Тот кивнул глазами в знак подтверждения.
Исмет потер ладонь о ладонь и объяснил, чего он хочет.
— Я был богат, — сказал он, — и я не думал о добре и зле жизни. Я знал мое добро и мое зло. Но большая война армий кончилась, чтобы дать начало другой, войне мещан. Я не верю, что действуют иные силы, нет, дерутся мещане, мещане истребляют друг друга — спасется тот, кто выскочит из мещан. Я не могу оставаться в стороне, злоба переполняет меня, — говорил он, помогая словам рукой, — я долго думал, что защищать, и решил, что сейчас момент разрушения. Надо разрушать крепости сытых людей, я за войну против сытых — нужно разгромить государства, распахать границы, помешать народы и языки — и тогда, когда все это будет сделано, я уйду в сторону, ибо я не знаю, что надо тогда делать. Но сейчас я хочу разрушать.
Он прижал руки к груди.
— Дай мне любое поручение, и я сделаю. Если надо убить — я убью, если надо разрушить — разрушу. Все, что ты скажешь…

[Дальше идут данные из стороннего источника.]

//! What the console does with queries: the words and numbers of a line, the commands, the session that
//! carries them out, and its answers.
#![tactic(auto)]

pub mod answer;
pub mod command;
pub mod expected;
pub mod failure;
mod filter;
pub mod line;
mod listing;
pub mod number;
pub mod reply;
pub mod session;
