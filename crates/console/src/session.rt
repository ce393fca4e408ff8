//! The session of a console: what is current between two lines, and one step of it, from a line to its
//! answer.
ghost use Rattle.std.specs.Prelude.{◌≡◌, [], map, None};
ghost use Rattle.std.specs.Option.{option_map, unwrap_or};
ghost use Rattle.query.specs.Parts.{group_of};
ghost use Rattle.query.specs.Shape.{shape};
ghost use Rattle.console.specs.Sessions.{current, Answered, Steps, Showed, Took, Wrote};

use crate::answer::Answer;
use crate::command::Command;
use crate::expected::Expected;
use crate::failure::Failure;
use crate::reply::Reply;
use query::query::Query;
use query::read;
use std::alloc::Global;

/// What is current: the query that was read last, if any was.
#[derive(Drop)]
pub struct Session {
    query: Option<Query>,
}

impl Session {
    /// A session in which nothing is current.
    pub fn new() -> Session
        ensures { current result ≡ None }
    {
        Session { query: None }
    }

    /// Answers the line; nothing where it asks nothing. A failure leaves the session as it was, and so does
    /// every line but one with a query that is read.
    pub fn answer(&mut self, heap: Global, line: &[u8]) -> Result<Option<Answer>, Failure>
        ensures { Answered line.now self.old result self.new }
    {
        match Command::parse(heap, line)? {
            Some(command) => Ok(Some(self.step(heap, command)?)),
            None => Ok(None),
        }
    }

    /// Carries out the command and answers it. A failure leaves the session as it was, and so does every
    /// command but a query that is read.
    pub fn step(&mut self, heap: Global, command: Command) -> Result<Answer, Failure>
        ensures { Steps self.old command result self.new }
    {
        match command {
            Command::Query(bytes) => self.take(heap, bytes.as_slice()),
            Command::Write(length) => self.write(heap, length),
            Command::Show => self.show(),
        }
    }

    /// The current query, if there is one.
    pub fn query(&self) -> Option<&Query>
        ensures { option_map (λ query. shape query.now) result ≡ current self.now }
    {
        self.query.as_ref()
    }

    /// The answer, with the alternatives of the current query that it is printed with; none where there is no
    /// current query.
    pub fn reply<'a>(&'a self, answer: &'a Answer) -> Reply<'a>
        ensures answer { result.answer.now ≡ answer.now }
        ensures alternatives { map group_of result.alternatives.now ≡ unwrap_or (current self.now) [] }
    {
        let alternatives = self.query().map(Query::alternatives).unwrap_or(&[]);
        Reply {
            answer,
            alternatives,
        }
    }

    /// Reads the bytes; the query that they are becomes the current one.
    fn take(&mut self, heap: Global, bytes: &[u8]) -> Result<Answer, Failure>
        ensures { Took bytes.now self.old result self.new }
    {
        let query = read::read(heap, bytes)?;
        let counts = query.counts();
        self.query = Some(query);
        Ok(Answer::Counts(counts))
    }

    /// Writes the current query into a buffer of so many bytes.
    fn write(&self, heap: Global, length: u32) -> Result<Answer, Failure>
        ensures { Wrote length self.now result }
    {
        let query = self.query().ok_or(Expected::Query)?;
        let mut buffer = vec![in heap; 0u8; length as usize]?;
        let written = query.write(buffer.as_mut_slice())?;
        buffer.truncate(written);
        Ok(Answer::Bytes(buffer))
    }

    /// Says whether there is a current query to show.
    fn show(&self) -> Result<Answer, Failure>
        ensures { Showed self.now result }
    {
        self.query().ok_or(Expected::Query)?;
        Ok(Answer::Shown)
    }
}
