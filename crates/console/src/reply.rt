//! What is printed for an answer.
ghost use Rattle.console.specs.Answers.{reply_text};

use crate::answer::Answer;
use crate::listing::Listing;
use query::alternative::Alternative;
use std::fmt;
use std::fmt::{Formatter, Write};

/// An answer with the alternatives of the current query, which shows as whole lines: the listing for `Shown`,
/// and one line for any other answer.
#[derive(Clone, Copy)]
pub struct Reply<'a> {
    pub answer: &'a Answer,
    pub alternatives: &'a [Alternative],
}

impl fmt::Display for Reply<'_> {
    ghost output = { λ r. reply_text r.answer.now };

    fn fmt<W: Write>(&self, f: &mut Formatter<W>) -> fmt::Result {
        let alternatives = self.alternatives;
        match self.answer {
            Answer::Shown => fmt::Display::fmt(&Listing { alternatives }, f),
            answer => writeln!(f, "{answer}"),
        }
    }
}
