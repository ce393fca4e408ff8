//! A query as a person reads it: its alternatives as groups of triples, optional blocks and filters.
use crate::filter::FilterText;
use query::alternative::Alternative;
use query::block::Block;
use std::fmt;
use std::fmt::{Formatter, Write};

/// What stands before each line of a lone alternative, and before the braces of one among several.
const OUTER: &str = "  ";

/// What stands before each line of an alternative among several.
const INNER: &str = "    ";

/// The alternatives of a query, which show as whole lines. A lone one stands between the outer braces;
/// several stand in braces of their own, with `UNION` between.
#[derive(Clone, Copy)]
pub(crate) struct Listing<'a> {
    pub alternatives: &'a [Alternative],
}

impl fmt::Display for Listing<'_> {
    fn fmt<W: Write>(&self, f: &mut Formatter<W>) -> fmt::Result {
        f.write_str("SELECT * WHERE {\n")?;
        match self.alternatives {
            [parts] => {
                let indent = OUTER;
                let group = Group { parts, indent };
                write!(f, "{group}")?
            }
            several => {
                // Kept as a test of `i`: with `split_first`, what a group writes would stand at two places.
                for (i, parts) in several.iter().enumerate() {
                    let indent = INNER;
                    let group = Group { parts, indent };
                    let union = if i == 0 { "" } else { "  UNION\n" };
                    write!(f, "{union}  {{\n{group}  }}\n")?;
                }
            }
        }
        f.write_str("}\n")
    }
}

/// An alternative, which shows as a line for each triple, each optional block and the filter, if it has one,
/// with `indent` before each.
#[derive(Clone, Copy)]
struct Group<'a> {
    parts: &'a Alternative,
    indent: &'static str,
}

impl fmt::Display for Group<'_> {
    fn fmt<W: Write>(&self, f: &mut Formatter<W>) -> fmt::Result {
        let Group { parts, indent } = *self;
        for pattern in &parts.required {
            writeln!(f, "{indent}{pattern}")?;
        }
        for block in &parts.blocks {
            let block = BlockText(block);
            writeln!(f, "{indent}OPTIONAL {{ {block}}}")?;
        }
        if parts.filter.is_empty() {
            return Ok(());
        }
        let filter = FilterText(parts.filter.as_slice());
        writeln!(f, "{indent}{filter}")
    }
}

/// A block, which shows as its triples and its filter, with a space behind each.
#[derive(Clone, Copy)]
struct BlockText<'a>(&'a Block);

impl fmt::Display for BlockText<'_> {
    fn fmt<W: Write>(&self, f: &mut Formatter<W>) -> fmt::Result {
        for pattern in &self.0.triples {
            write!(f, "{pattern} ")?;
        }
        if self.0.filter.is_empty() {
            return Ok(());
        }
        let filter = FilterText(self.0.filter.as_slice());
        write!(f, "{filter} ")
    }
}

Папироска хозяина догорела, и он снова свернул другую, обсосал, зажег, затянулся и поиграл в горле дымом.
— Не дам, — сказал он опять. — Не проси. Ни убивать, ни разрушать сейчас не надо. Надо собирать, воспитывать, закалять. Когда придет день крови, я найду тысячи таких, как ты, и их злоба будет лучше твоей, потому что, излив ее, они останутся моими, а ты, излив свою, станешь прежним. Ты зол, пока беден, и будешь добр, как только съешь горячей чорбы и поспишь с теплой, толстой женщиной. Я не могу держать тебя в клетке, как зверя, чтобы ты был еще злее, а жизнь и завтра может угостить тебя и горячей чорбой и большим выигрышем.
Исмет приложил руки к груди и низко наклонил голову.
— Дай мне крови, — сказал он. — Пошли, как собаку, на верную смерть.
— Нет, — сказал хозяин и крикнул жене, чтобы она подала есть.
Они вымыли руки и погрузились в тихую прелесть медленной жвачки; жирный плов был упругим и приятно ломким, а масло пьяным, как виноградная ракы.
И, охмелев от масла, икал и, плача, смеялся Исмет. Кусочки плова рассыпались по его пиджаку. Икая и плача, он рассказывал о себе, о своей жизни и часто вспоминал знаменитого путешественника, великого мещанина, погубившего мир мещан.
И он спрашивал хозяина:
— Скажи, я сделал зло вам? Моя жизнь — зло? Я виноват перед кем-нибудь?
— Нет, — односложно ответил хозяин.
— Значит, я твой? — спросил Исмет.
— Нет, — опять ответил хозяин.
Голова засеребрилась заморозком первой старости, и лицо стало гранатово-серым у Исмета. Руки его превратились в толстые палки, и глаза перестали понимать умные вещи. Он рассказывает сказки в кофейне и у мечети, и иногда пишет письма в Фессалию, чтобы найти жену.